_Exercise instructions_
Tally up every line in the records beneath that has "ReviewGives", and write down only the total.

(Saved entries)
::::::::::
//! A layer with queues.

ghost use Rattle.std.specs.Prelude.{ℕ, ◌≡◌, ◌≤◌, List, [], IfErr, IfOk, IsSome, OnOk, OnErr, Some, None, cond, length, nat_eq, option_copied, slice_get};
ghost use Rattle.std.specs.BTreeMap.{get, is_at};
ghost use Rattle.std.specs.Cmp.Lexicographic.{pointwise};
ghost use Rattle.indexmap.specs.IndexSet.{insert_key};
ghost use Rattle.amqp_txn_types.specs.declared.performatives.Frame.TheVariants as frames;
ghost use Rattle.amqp_txn_types.specs.declared.small.Handle.{Handle as H};
ghost use Rattle.txn_broker_queues.specs.Queues.{messages, queue_found};
ghost use Rattle.txn_broker_queues.specs.Given.{answered, given_back, refusal};
ghost use Rattle.txn_broker_queues.specs.Keeping.{handle_order, queue_names, same_handle};
ghost use Rattle.txn_broker_queues.specs.Taking.{Admitted, Answered, NotTook, SameCounts, taken_of};

mod frame_calls;

use crate::answering::{answer_attach, answer_credit, answer_detach};
use crate::copies::copy_messages;
use crate::link::{Link, address_of, is_sender};
use crate::message::Messages;
use crate::queues::Queues;
use crate::reviewing::{any_refused, queue_of_transfer};
use amqp_below_layer::{LayerBelow, SessionInnerError, Tells, Verdict};
use amqp_txn_types::{
    Attach, Detach, Disposition, Flow, Frame, Frames, Handle, NoMemory, Role, SessionState, Text,
    Transfer, TryClone, refuse,
};
use std::alloc::Global;
use std::collections::BTreeMap;
use std::marker::Model;

/// A layer below a transactional session that keeps messages in queues.
///
/// It is Mapped, keeps a journal of the frames that it took, and tells that. A link's address is
/// that of its target; for a peer that is the link's receiver it is that of its source, where that
/// has one. The queue of an address stays when its links are detached.
///
/// | frame | is refused | gives back |
/// |---|---|---|
/// | attach | `HandleInUse` where the handle is attached, `IllegalState` without an address | an attach of the other role and, to a sender, a flow of 200 credits |
/// | transfer | `UnattachedHandle`; `TransferFrameToSender` where the peer is the receiver; `IllegalState` with `more` or `aborted`, and after 4,294,967,295 messages | nothing |
/// | disposition | never | nothing |
/// | flow | `UnattachedHandle` | to a receiver with credit the first messages of its queue |
/// | detach | `UnattachedHandle` | a detach |
///
/// Where memory runs out it answers `NoMemory` before it changes anything; after an Accept it takes
/// the reviewed frames without memory.
#[derive(Drop)]
pub struct Broker {
    journal: Vec<(Frame, Frames)>,
    links: BTreeMap<Handle, Link>,
    queues: Queues,
    refusals: u64,
    vetoes: u64,
    alloc: Global,
}

impl Model for Broker {
    ghost use Rattle.std.specs.Prelude.{◌-◌};
    ghost use Rattle.std.specs.Vec.{vec_capacity, vec_len};
    ghost use Rattle.std.specs.BTreeMap.{get};
    ghost use Rattle.txn_broker_queues.specs.Taking.{Board, Stands};
    ghost use Rattle.txn_broker_queues.specs.Keeping.{handle_order};

    ghost Value = { Board };

    ghost view = { λ b. record {
      journal = b.journal.items;
      refusals = b.refusals;
      vetoes = b.vetoes;
      room = vec_capacity b.journal - vec_len b.journal;
      message_room = b.queues.room;
    } };

    ghost invariant = { λ b. Stands b.journal.items
        (λ handle. get handle_order b.links handle) b.queues };
}

impl Broker {
    /// A broker without queues. It takes no memory; later growth takes it from `alloc`.
    pub fn new(alloc: Global) -> Broker
        ensures journal { result.journal ≡ [] }
        ensures refusals { result.refusals ≡ 0 }
        ensures vetoes { result.vetoes ≡ 0 }
    {
        Broker {
            journal: Vec::new(alloc),
            links: BTreeMap::new(alloc),
            queues: Queues::new(alloc),
            refusals: 0,
            vetoes: 0,
            alloc,
        }
    }

    /// What was taken: each frame with the frames given back for it, in order.
    pub fn exchanges(&self) -> &[(Frame, Frames)]
        ensures journal { result.now ≡ self.now.journal }
        ensures answered { result.now ≡ answered (taken_of self.now) }
    {
        self.journal.as_slice()
    }

    /// A copy of the queue of a name; `None` where no link to that name was ever attached. The only
    /// error is out of memory.
    pub fn queue(&self, name: &Text) -> Result<Option<Messages>, NoMemory>
        ensures { IfOk result (λ found. found ≡ queue_found (taken_of self.now) name.now) }
    {
        match self.queues.find(name) {
            Some(queue) => {
                let count = self.queues.message_count();
                let journal = self.journal.as_slice();
                let copies = copy_messages(self.alloc, journal, &self.queues, queue, count)?;
                Ok(Some(copies))
            }
            None => Ok(None),
        }
    }

    /// How many messages were taken. They are numbered from 0, and after 4,294,967,295 of them no
    /// number is left.
    pub fn message_count(&self) -> u32
        ensures { result ≡ length (messages (taken_of self.now)) }
    {
        self.queues.message_count() as u32
    }

    /// How many queues there are.
    pub fn queue_count(&self) -> usize
        ensures { result ≡ length (queue_names (taken_of self.now)) }
    {
        self.queues.count()
    }

    /// The name of a queue, by first attach from 0; `None` from [`Broker::queue_count`] on.
    pub fn queue_name(&self, index: usize) -> Option<&Text>
        ensures { option_copied result ≡ slice_get (queue_names (taken_of self.now)) index }
    {
        self.queues.name(index)
    }

    /// What is given back for an attach, twice, with room for the attach in the journal; or why the
    /// attach is refused.
    fn answer_attach(&mut self, attach: &Attach) -> Result<(Frames, Frames), SessionInnerError>
        ensures counts { SameCounts self.old self.new }
        ensures ok { IfOk result (λ given.
            Answered self.old self.new (frames.Attach attach.now) given) }
        ensures err { IfErr result (λ error.
            NotTook self.old self.new (frames.Attach attach.now) error) }
    {
        if self.links.contains_key(&attach.handle) {
            return Err(SessionInnerError::HandleInUse);
        }
        let Some(_address) = address_of(attach) else {
            return Err(SessionInnerError::IllegalState);
        };
        let given = answer_attach(self.alloc, attach)?;
        let kept = given.try_clone()?;
        self.reserve()?;
        Ok((given, kept))
    }

    /// What is given back for a detach, twice, with room for the detach in the journal; or why the
    /// detach is refused.
    fn answer_detach(&mut self, detach: &Detach) -> Result<(Frames, Frames), SessionInnerError>
        ensures counts { SameCounts self.old self.new }
        ensures ok { IfOk result (λ given.
            Answered self.old self.new (frames.Detach detach.now) given) }
        ensures err { IfErr result (λ error.
            NotTook self.old self.new (frames.Detach detach.now) error) }
    {
        if !self.links.contains_key(&detach.handle) {
            return Err(SessionInnerError::UnattachedHandle);
        }
        let given = answer_detach(self.alloc, detach)?;
        let kept = given.try_clone()?;
        self.reserve()?;
        Ok((given, kept))
    }

    /// What is given back for a flow, twice, with room for the flow in the journal; or why the flow
    /// is refused.
    fn answer_flow(&mut self, flow: &Flow) -> Result<(Frames, Frames), SessionInnerError>
        ensures counts { SameCounts self.old self.new }
        ensures ok { IfOk result (λ given.
            Answered self.old self.new (frames.Flow flow.now) given) }
        ensures err { IfErr result (λ error.
            NotTook self.old self.new (frames.Flow flow.now) error) }
    {
        let given = self.first_of_credit(flow)?;
        let kept = given.try_clone()?;
        self.reserve()?;
        Ok((given, kept))
    }

    /// The messages that a flow's credit brings, as transfers; or why the flow is refused.
    fn first_of_credit(&mut self, flow: &Flow) -> Result<Frames, SessionInnerError>
        ensures same { self.new ≡ self.old }
        ensures ok { IfOk result (λ given.
            given ≡ given_back (taken_of self.old) (frames.Flow flow.now)) }
        ensures unrefused { OnOk result
            (refusal (taken_of self.old) (frames.Flow flow.now) ≡ None) }
        ensures err { IfErr result (λ error.
            NotTook self.old self.new (frames.Flow flow.now) error) }
    {
        let Some(handle) = flow.handle else {
            return Ok(Frames::new(self.alloc));
        };
        let Some(link) = self.links.get(&handle).copied() else {
            return Err(SessionInnerError::UnattachedHandle);
        };
        if is_sender(link.peer) {
            return Ok(Frames::new(self.alloc));
        }
        let Some(credit) = flow.link_credit else {
            return Ok(Frames::new(self.alloc));
        };
        let count = credit as usize;
        self.queues.shorten(link.queue, count);
        let journal = self.journal.as_slice();
        let copies = copy_messages(self.alloc, journal, &self.queues, link.queue, count)?;
        Ok(answer_credit(self.alloc, handle, copies)?)
    }

    /// The queue of a transfer, with room for it in the journal and in the queues; or why the
    /// transfer is refused.
    fn admit(&mut self, transfer: &Transfer) -> Result<usize, SessionInnerError>
        ensures counts { SameCounts self.old self.new }
        ensures ok { IfOk result (λ queue. Admitted self.old self.new transfer.now queue) }
        ensures err { IfErr result (λ error. (payload : List ℕ)
            → NotTook self.old self.new (frames.Transfer transfer.now payload) error) }
    {
        let count = self.queues.message_count();
        let queue = queue_of_transfer(&self.links, transfer, count)?;
        self.reserve()?;
        self.queues.reserve(1)?;
        Ok(queue)
    }

    /// Room in the journal for one more frame. The only error is out of memory.
    fn reserve(&mut self) -> Result<(), NoMemory>
        ensures journal { self.new.journal ≡ self.old.journal }
        ensures counts { SameCounts self.old self.new }
        ensures ok { OnOk result (1 ≤ self.new.room) }
        ensures stays { self.old.room ≤ self.new.room }
        ensures messages { self.new.message_room ≡ self.old.message_room }
        ensures lacked { OnErr result (self.old.room ≡ 0) }
    {
        Ok(self.journal.reserve(1)?)
    }

    /// Room in the journal and in the queues for these frames. The only error is out of memory.
    fn make_room(&mut self, frames: &Frames) -> Result<(), NoMemory>
        ensures journal { self.new.journal ≡ self.old.journal }
        ensures counts { SameCounts self.old self.new }
        ensures room { OnOk result (length frames.now ≤ self.new.room) }
        ensures messages { OnOk result (length frames.now ≤ self.new.message_room) }
    {
        self.journal.reserve(frames.len())?;
        self.queues.reserve(frames.len())
    }
}

/// Links a handle to the queue of an address. Where memory runs out, the only error, nothing
/// changes.
fn attach_link(
    links: &mut BTreeMap<Handle, Link>,
    queues: &mut Queues,
    handle: Handle,
    peer: Role,
    address: &Text,
) -> Result<(), NoMemory>
    ensures marks { queues.new.marks ≡ queues.old.marks }
    ensures room { queues.new.room ≡ queues.old.room }
    ensures names { OnOk result
        (queues.new.names ≡ insert_key (pointwise nat_eq) queues.old.names address.now) }
    ensures linked { OnOk result ((queue : ℕ)
        × (slice_get queues.new.names queue ≡ Some address.now)
        × ((h : H) → get handle_order links.new h ≡ cond (same_handle handle h)
        (Some (record { queue = queue; peer = peer })) (get handle_order links.old h))) }
    ensures err { OnErr result (queues.new.names ≡ queues.old.names) }
    ensures unlinked { OnErr result ((h : H) → get handle_order links.new h
        ≡ get handle_order links.old h) }
{
    let before = links.insert(handle, Link { queue: 0, peer })?;
    match queues.find_or_add(address) {
        Ok(queue) => {
            put_link(links, handle, Some(Link { queue, peer }));
            Ok(())
        }
        Err(error) => {
            put_link(links, handle, before);
            Err(error)
        }
    }
}

/// Changes the link of a handle that has one, or takes it out. It takes no memory.
fn put_link(links: &mut BTreeMap<Handle, Link>, handle: Handle, link: Option<Link>)
    requires { IsSome (get handle_order links.old handle) }
    ensures { (h : H) → get handle_order links.new h
        ≡ cond (is_at (handle_order handle) h) link (get handle_order links.old h) }
{
    if let Some(link) = link {
        let Ok(_) = links.insert(handle, link) else {
            unreachable!()
        };
    } else {
        let _ = links.remove(&handle);
    }
}

impl Tells for Broker {
    ghost use Rattle.txn_broker_queues.specs.Taking.{told_by};

    ghost told = { told_by };
}

impl LayerBelow for Broker {
    ghost use Rattle.std.specs.Prelude.{◌≡◌, true, None, Ok, []};
    ghost use Rattle.txn_broker_queues.specs.Taking.{ReviewGives, Takes, TakesAll};
    ghost use Rattle.txn_broker_queues.specs.Lasting.{broker-goes-on, broker-stays-on, kept-takes};

    ghost incoming_gives = { Takes };

    ghost opening_gives = { λ old new _ answer. (answer ≡ Ok []) × (new ≡ old) };

    ghost check_gives = { λ old new _ answer. (answer ≡ Ok tt) × (new ≡ old) };

    ghost window_gives = { λ old new flow. (flow ≡ None) × (new ≡ old) };

    ghost review_gives = { ReviewGives };

    ghost takes = { TakesAll };

    ghost sure = { true };

    ghost goes_on = { broker-goes-on };

    ghost stays_on = { λ old new _ answer gives. broker-stays-on old new answer gives };

    ghost window_stays_on = { λ old new _ gives list takes.
        kept-takes old new list gives.1 takes };

    fn local_state(&self) -> SessionState {
        SessionState::Mapped
    }

    fn on_incoming_frame(&mut self, frame: Frame) -> Result<Frames, SessionInnerError> {
        match frame {
            Frame::Attach(attach) => self.hear_attach(attach),
            Frame::Flow(flow) => self.hear_flow(flow),
            Frame::Transfer { transfer, payload } => self.hear_transfer(transfer, payload),
            Frame::Disposition(disposition) => self.hear_disposition(disposition),
            Frame::Detach(detach) => self.hear_detach(detach),
        }
    }

    fn on_control_attach(&mut self, attach: &Attach) -> Result<Frames, SessionInnerError> {
        Ok(Frames::new(self.alloc))
    }

    fn on_outgoing_disposition(
        &mut self,
        disposition: &Disposition,
    ) -> Result<(), SessionInnerError> {
        Ok(())
    }

    fn maybe_outgoing_session_flow(&mut self) -> Option<Flow> {
        None
    }

    fn review(&mut self, frames: &Frames) -> Result<Verdict, NoMemory> {
        let count = self.queues.message_count();
        if any_refused(&self.links, count, frames.as_slice()) {
            self.vetoes = self.vetoes.saturating_add(1);
            return Ok(Verdict::Veto);
        }
        match self.make_room(frames) {
            Ok(()) => Ok(Verdict::Accept),
            Err(error) => refuse(&mut self.refusals, error),
        }
    }
}
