//! Copies of the messages of a queue.

ghost use Rattle.std.specs.Prelude.{ℕ, ◌≡◌, ◌≤◌, ◌<◌, List, IfOk, Some, length, slice_get, take};
ghost use Rattle.txn_broker_queues.specs.Given.{max_messages};
ghost use Rattle.txn_broker_queues.specs.Keeping.{MailsStand, message_at, queue_names};
ghost use Rattle.txn_broker_queues.specs.Queues.{queue as queue_of};
ghost use Rattle.txn_broker_queues.specs.Taking.{frames_of};

use crate::message::{Message, Messages};
use crate::queues::Queues;
use amqp_txn_types::{Frame, Frames, NoMemory, TryClone};
use std::alloc::Global;

/// Copies of the first so many messages of a queue. The only error is out of memory.
///
/// # Requires
///
/// The names and the messages are those of the frames that were taken, and the queue is one of the
/// queues.
pub(crate) fn copy_messages(
    alloc: Global,
    taken: &[(Frame, Frames)],
    queues: &Queues,
    queue: usize,
    count: usize,
) -> Result<Messages, NoMemory>
    requires stand { MailsStand (frames_of taken.now) queues.now }
    requires names { queues.now.names ≡ queue_names (frames_of taken.now) }
    requires few { length queues.now.marks ≤ max_messages }
    requires queue { queue < length queues.now.names }
    ensures { IfOk result (λ copies. (name : List ℕ)
        → slice_get queues.now.names queue ≡ Some name
        → copies ≡ take count (queue_of (frames_of taken.now) name)) }
{
    let numbers = queues.first_numbers(alloc, queue, count)?;
    let mut copies = Messages::new(alloc);
    for number in &numbers {
        copies.append(copy_message(taken, queues, *number)?)?;
    }
    Ok(copies)
}

/// A copy of the message of a number. The only error is out of memory.
fn copy_message(
    taken: &[(Frame, Frames)],
    queues: &Queues,
    number: usize,
) -> Result<Message, NoMemory>
    requires stand { MailsStand (frames_of taken.now) queues.now }
    requires few { length queues.now.marks ≤ max_messages }
    requires within { number < length queues.now.marks }
    ensures { IfOk result (λ copy. copy ≡ message_at (frames_of taken.now) number) }
{
    let Some(mark) = queues.get(number) else {
        unreachable!()
    };
    let Frame::Transfer { payload, .. } = &taken[mark.place].0 else {
        unreachable!()
    };
    Ok(Message {
        number: number as u32,
        payload: payload.try_clone()?,
    })
}
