//! Queues below a transactional session: a broker.
//!
//! | type | is |
//! |---|---|
//! | [`Broker`] | a layer below a transactional session with queues |
//! | [`Messages`] | the messages of a queue, each a [`Message`] |
//!
//! A broker stands below a session. A peer that attaches a link as its sender puts messages into
//! the queue of the link's address; one that attaches as its receiver gets copies of the first of
//! them, as many as it gives credit for, and takes them from the queue by its dispositions:
//!
//! ```text
//! let mut broker = Broker::new(alloc);
//! broker.on_incoming_attach(attach)?; // of a sender, to the address q
//! broker.on_incoming_transfer(transfer, payload)?;
//! assert_eq!(broker.queue(&name)?.map(|queue| queue.len()), Some(1));
//! ```
//!
//! It reviews the frames of a commit before the first of them is handed, vetoes what it would
//! refuse, and never fails after it has accepted: so a commit is taken whole or not at all.
//!
//! Below stand the layer of `amqp_below_layer` and the messages by number of `txn_broker_table`.
//! The promise that this crate carries: the queues of a broker are those of the frames that it
//! took, by definitions that look back over these. 'The standard' is OASIS AMQP 1.0.
#![tactic(auto)]

mod answering;
mod broker;
mod copies;
mod link;
mod message;
mod queues;
mod reviewing;

pub use broker::Broker;
pub use message::{Message, Messages};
::::::::::
_Solution for this problem_
2